The drive has to be connected to an internal SATA bus, then boot the Mac on the Ultimate Boot CD and run wdidle3. It has different command-line options to show or modify the current Intellipark settings.

Roamios may be able to deal with it, but I'd run the thingie.


----------



## headless chicken (Oct 8, 2004)

That sounds complicated. Is there a step-by-step guide on how to do that here for Mac?


----------



## MikePA1 (Nov 16, 2013)

What's the goal of changing the Intellipark setting and does the TiVo even use it?

Might be easier to use the drive as is?


----------



## DCIFRTHS (Jan 6, 2000)

MikePA1 said:


> What's the goal of changing the Intellipark setting and does the TiVo even use it?
> 
> Might be easier to use the drive as is?

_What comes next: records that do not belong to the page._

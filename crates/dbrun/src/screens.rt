//! Runs whose screens are kept in a file.

ghost use Rattle.std.specs.Prelude.{◌≡◌, [], false};

use crate::progress::{Meter, rehearse_told, run_told};
use crate::shown::Audience;
use crate::{is_recorded, refuse, tell_refusal};
use command_words::{Outcomes, RunWords, WordsFault};
use file_access::Files;
use file_commands::{Refusal, Status};
use folder_files::{paper_name, stands};
use operating::{Broken, MOST_GIVEN};
use operator_desk::{Screens, TakenLines, Typist};
use run_commands::{
    Job, OperateRefusal, OperationReport, Rehearsal, Report, operate_files, rehearse_talk,
};
use save_rules::{is_in_folder, overwritten_by};
use std::alloc::Global;
use std::fs::File;
use std::rt::Runtime;

/// Whether a new file of this name harms nothing: it is one of the folder's, none that the program makes or reads, and
/// no word of the command line.
pub fn is_free_name(name: &str, code: &str) -> bool {
    is_in_folder(name.as_bytes())
        && !name.starts_with("--")
        && overwritten_by(name, code, &[], paper_name(), false).is_none()
}

/// Whether a new file of this name harms nothing, and none of this name stands yet, nor what tells of a conversation
/// with such a journal. Where memory is refused, no name is taken for a new one.
pub fn is_new_name<R: Runtime<A = Global, File = File>>(rt: &R, name: &str, code: &str) -> bool {
    is_free_name(name, code) && !stands(rt, name) && matches!(is_recorded(rt, name), Ok(false))
}

/// Whether a path is that of a file of the current folder, which `./` and `/` may stand around.
pub fn is_path_of(path: &str, name: &str) -> bool {
    let path = path.strip_prefix("./").unwrap_or(path);
    path.strip_suffix('/').unwrap_or(path) == name
}

/// Whether a file for screens has the name of the folder for copies.
pub fn is_backup(screens: Option<&str>, backup: Option<&str>) -> bool {
    match (screens, backup) {
        (Some(name), Some(path)) => is_path_of(path, name),
        _ => false,
    }
}

/// Refuses a file for screens that stands, or that the run uses, and one of the name of the folder for copies.
pub fn may_show<R: Runtime<A = Global, File = File>>(
    rt: &R,
    words: &RunWords<'_>,
) -> Result<(), WordsFault> {
    let Some(name) = words.screens else {
        return Ok(());
    };
    if !is_new_name(rt, name, words.job.name) {
        return Err(WordsFault::Screens);
    }
    match words.tables {
        Outcomes::Saved(save) if is_backup(words.screens, save.backup) => Err(WordsFault::Backup),
        _ => Ok(()),
    }
}

/// Who types the lines of a job and writes the screens before them to a new file of this name. A person is told how far
/// the run has come. Want of memory is told here, and its status given.
fn typist_of<'a, R: Runtime<A = Global, File = File>>(
    rt: &'a R,
    audience: Audience,
    job: &Job<'a>,
    name: &str,
) -> Result<Typist<'a, R, Meter<'a, R>>, Status> {
    match String::from_str(rt.alloc(), name) {
        Ok(name) => {
            let (screens, meter) = (Screens::to(Some(name)), Meter::new(rt, audience));
            Ok(Typist::of(rt, job.input, screens, meter))
        }
        Err(_) => Err(refuse(rt, audience, Refusal::Memory)),
    }
}

/// The run of a job whose lines are still to be typed.
fn untyped<'a>(job: &Job<'a>) -> Job<'a>
    ensures untested { result.checked ≡ false }
    ensures empty { result.input.now ≡ [] }
{
    Job {
        name: job.name,
        checked: false,
        budget: job.budget,
        limit: job.limit,
        day: job.day,
        input: &[],
    }
}

/// Tells why a run whose screens are kept came to no end.
fn tell_stopped(rt: &impl Runtime, audience: Audience, screens: &str, why: Broken) -> Status {
    match why {
        Broken::Line => {
            let _ = eprintln!(rt; "refused - TooLong");
            Status::Refused
        }
        Broken::Memory => refuse(rt, audience, Refusal::Memory),
        Broken::Operator | Broken::Journal => refuse(rt, audience, Refusal::Disk { name: screens }),
    }
}

/// What a run reports whose screens were kept.
fn report_of(
    rt: &impl Runtime,
    audience: Audience,
    screens: &str,
    told: OperationReport,
) -> Result<Report, Status> {
    let OperationReport { rows, result } = told;
    match result {
        Ok(ended) => Ok(Report {
            rows,
            result: Ok(ended),
        }),
        Err(OperateRefusal::Run(refusal)) => Ok(Report {
            rows,
            result: Err(refusal),
        }),
        Err(OperateRefusal::Broke(why)) => Err(tell_stopped(rt, audience, screens, why)),
        Err(OperateRefusal::Handed) => Err(tell_stopped(rt, audience, screens, Broken::Line)),
    }
}

/// Runs a code as `run_files` does; a person is told how far it has come. Where a file for screens is named, it is
/// written meanwhile.
pub fn run_shown<R: Runtime<A = Global, File = File>, F: Files>(
    rt: &R,
    audience: Audience,
    files: &mut F,
    job: &Job<'_>,
    screens: Option<&str>,
) -> Result<Report, Status> {
    let alloc = rt.alloc();
    let Some(name) = screens else {
        return Ok(run_told(rt, audience, files, job));
    };
    let mut typist = typist_of(rt, audience, job, name)?;
    let job = untyped(job);
    let mut taken = TakenLines::new(alloc);
    let told = operate_files(alloc, files, &job, MOST_GIVEN, &mut taken, &mut typist);
    typist.watcher().end();
    report_of(rt, audience, name, told)
}

/// Tells why nothing was rehearsed.
fn tell_unrehearsed(
    rt: &impl Runtime,
    audience: Audience,
    name: &str,
    screens: &str,
    refusal: &OperateRefusal,
) -> Status {
    match refusal {
        OperateRefusal::Run(refusal) => tell_refusal(rt, audience, name, refusal),
        OperateRefusal::Broke(why) => tell_stopped(rt, audience, screens, *why),
        OperateRefusal::Handed => tell_stopped(rt, audience, screens, Broken::Line),
    }
}

/// Rehearses a code as `rehearse_files` does; a person is told how far it has come. Where a file for screens is named,
/// it is written meanwhile.
pub fn rehearse_shown<R: Runtime<A = Global, File = File>, F: Files>(
    rt: &R,
    audience: Audience,
    files: &mut F,
    job: &Job<'_>,
    screens: Option<&str>,
) -> Result<Rehearsal, Status> {
    let alloc = rt.alloc();
    let Some(name) = screens else {
        return match rehearse_told(rt, audience, files, job) {
            Ok(told) => Ok(told),
            Err(refusal) => Err(tell_refusal(rt, audience, job.name, &refusal)),
        };
    };
    let mut typist = typist_of(rt, audience, job, name)?;
    let job = untyped(job);
    let mut taken = TakenLines::new(alloc);
    let told = rehearse_talk(alloc, files, &job, MOST_GIVEN, &mut taken, &mut typist);
    typist.watcher().end();
    match told {
        Ok(told) => Ok(told),
        Err(refusal) => Err(tell_unrehearsed(rt, audience, job.name, name, &refusal)),
    }
}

If memory serves me, the original reason for changing it was that Series 3 boxes had soft reboot problems when Intellipark was enabled. Not sure if the problem affected other TiVo models.


----------



## MikePA1 (Nov 16, 2013)

This post, Click Here, proves the Red drive can be used as is, without changing any settings.


----------



## unitron (Apr 28, 2006)

headless chicken said:


> Thanks for your reply, *ggieseke*. I pulled the trigger and bought a 3TB WD Red.
> 
> ...


Was it more expensive than a WD30EURS, or less?


----------



## unitron (Apr 28, 2006)

DCIFRTHS said:


> If memory serves me, the original reason for changing it was that Series 3 boxes had soft reboot problems when Intellipark was enabled. Not sure if the problem affected other TiVo models.

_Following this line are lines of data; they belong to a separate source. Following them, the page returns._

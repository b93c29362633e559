//! A table in use.

ghost use Rattle.std.specs.Prelude.{◌≡◌, ℕ, ◌+◌, ◌<◌, ◌≤◌, Bool, true, false, Some, None, [], OnOk, OnErr, Err};
ghost use Rattle.std.specs.Prelude.{◌↔◌, MatchOption, length, is_none, unwrap_or, IfSome, IsSomeAnd, true, is_ok};
ghost use Rattle.std.specs.Prelude.{is_some, ◌∷◌, slice_get, slice_index_or, All, ◌*◌};
ghost use Rattle.std.specs.Fn.{FnReturnsAt};
ghost use Rattle.dbf_file.specs.Rows.{blank_row};
ghost use Rattle.dbf_file.specs.Tables.{letter_at, decimals_at, row_widths};
ghost use Rattle.dbf_file.specs.Values.{kind_for, value_by};
ghost use Rattle.xvalue.specs.Kinds.{kind_of};
ghost use Rattle.key_lists.specs.KeyForm.{IsKeyText};
ghost use Rattle.row_keys.specs.Lists.{index_list};
ghost use Rattle.shape.specs.Keys.{IsKey, key_length};
ghost use Rattle.row_moves.specs.Moves.{Landing, IsMove, end_of, landing_of, sought};
ghost use Rattle.open_table.specs.Tables.{HasDeclared, IsOrder, order_pairs, pairs_in_order, pair_at, packed, emptied};
ghost use Rattle.open_table.specs.Tables.{remade};
ghost use Rattle.open_table.specs.Marks.{mark_at, is_fresh, count_stale, form_in, parts_in};
ghost use Rattle.open_table.specs.Passes.{at_higher_cost, EndsWithMove};
ghost use Rattle.dbf_file.specs.Rows.{unmarked};
ghost use Rattle.open_table.specs.Tried.{MayAskRows, ShowsRows};
ghost use Rattle.open_table.specs.Open.{IsMoved, IsEnded, opened, closed, first_order, in_table, order_index};
ghost use Rattle.open_table.specs.Open.{gone_to, with_blank, place_in, replaced_here, remarked_here, reordered};
ghost use Rattle.open_table.specs.Open.{deleted_of, field_of, landed as landed_at, within, within as within_of};

use crate::closing::make_and_top;
use crate::keyed::{has_slot, keys_at, stale_in};
use crate::slot::{Slot, slot_with};
use crate::{Refused, Row, changes, closing, trying};
use arrayvec::ArrayVec;
use dbf_file::{Table, lent};
use key_lists::KeyList;
use row_keys::laws::index_lists;
use row_moves::{Landed, RowMove, Spent};
use shape::KeyParts;
use std::alloc::{AllocError, Global};
use std::marker::Model;
use xvalue::Lent;

/// The text of a longest field of blanks.
const BLANKS: &[u8] = &[b' '; 255];

/// A table with its declared indexes, in use: the open ones, an order, a pointer, and the answers of BOF() and FOUND().
/// Each index that isn't stale lists the rows.
#[derive(Drop)]
pub struct OpenTable<K: KeyList> {
    table: Table,
    slots: Vec<Slot<K>>,
    list: ArrayVec<u8, 7>,
    order: u8,
    pointer: Option<u32>,
    bof: bool,
    found: bool,
}

impl<K: KeyList> Model for OpenTable<K> {
    ghost use Rattle.open_table.specs.Tables.{indexed};
    ghost use Rattle.open_table.specs.Open.{OpenState, IsInUse};

    ghost Value = { OpenState };

    ghost view = { λ t. record {
      table = indexed t.table t.slots.items;
      list = t.list.items;
      order = t.order;
      pointer = t.pointer;
      bof = t.bof;
      found = t.found;
    } };

    ghost invariant = { λ t. IsInUse t.table t.slots.items t.list.items t.order };
}

/// Why no row was added.
#[derive(Debug, Clone, Copy, PartialEq, Eq)]
pub enum AppendError {
    /// There are as many rows as the limit.
    Full,
    /// Memory is missing.
    NoMemory,
}

/// The record of a number, if there are so many.
fn record_within(count: u32, number: Option<u32>) -> Option<u32>
    ensures { result ≡ within_of count number }
{
    match number {
        Some(n) => {
            if n >= 1 && n <= count {
                return Some(n);
            }
            None
        }
        None => None,
    }
}
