//! `operate`: a run in conversation, from its words to its end.

ghost use Rattle.std.specs.Prelude.{◌≡◌, false};

use crate::escaped::tell;
use crate::rehearsing::{report_rehearsal, seen_folder};
use crate::repeating::is_repeated;
use crate::screens::{is_backup, is_free_name, is_new_name, is_path_of};
use crate::shown::{Audience, Progress, RecordedName, of_end};
use crate::{
    finish_before, first_failed, folder, has_no_tables, hindered, may_back_up, page_for, refuse,
    tell_hindered, tell_lock_file, tell_unfinished, tell_unsaved,
};
use code_pages::CodePage;
use command_words::{
    DEFAULT_BUDGET, OperateWords, Outcomes, RepeatedWords, ShownWords, TalkAsked, TalkWords,
    WordsFault,
};
use file_access::{FILE_LIMIT, Files, ReadFault};
use file_commands::{Refusal, Status};
use folder_files::{
    FileSum, Folder, Held, Hindrance, JournalFault, Listener, SaveTerms, SavingFolder, Tail,
    UnfinishedSave, Unsaved, hindered_plan, let_go, note_stands, paper_name, put_new_file, stands,
    sum_of, take_folder,
};
use journal_papers::{JournalPaper, PaperFault, first_changed};
use journal_steps::{Next, Remains, next_of};
use operating::{Broken, MOST_TYPED, OperatorFailed};
use operator_desk::{
    KeptJournal, Manner, OperatorDesk, Record, Screens, Talk, TalkSave, local_day, talk_in,
};
use run_commands::{
    Ended, Job, OperateRefusal, OperationReport, Rehearsal, RunDay, RunRefusal, operate_files,
    rehearse_talk,
};
use std::alloc::{AllocError, Global};
use std::cell::RefCell;
use std::fs::{self, File};
use std::io::ErrorKind;
use std::rt::Runtime;
use std::str;
use terminal_screen::Window;

/// The most bytes of a file's name.
const MOST_OF_NAME: usize = 255;

/// The most lines of a window that are drawn: the 25 rows and the note.
const MOST_LINES: usize = 26;

/// What to do where a file was changed since the conversation was begun.
const CHANGED: &str =
    "nothing is saved; put the file back and use --continue, or give the journal to run with its options";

I would expect any TiVo to potentially be at risk of having a problem with it, unless they modified the software in later models specifically to deal with the problem of people putting in replacement drives with this feature (which is of no use in a TiVo whatsoever) enabled.

I'm sure they learned their lesson about making sure the drives they put in in the factory don't have it enabled.


----------



## unitron (Apr 28, 2006)

MikePA1 said:


> What's the goal of changing the Intellipark setting and does the TiVo even use it?
> 
> Might be easier to use the drive as is?


That's just it, Intellipark is not only of no use to a TiVo, since the drive is (or is supposed to be) running and fully awake whenever the TiVo is plugged in, the fact that it can screw up the reboot process (and sometimes even the cold boot) means that it's worse than useless.

Or as The Doctor would say, it has a negative utility factor.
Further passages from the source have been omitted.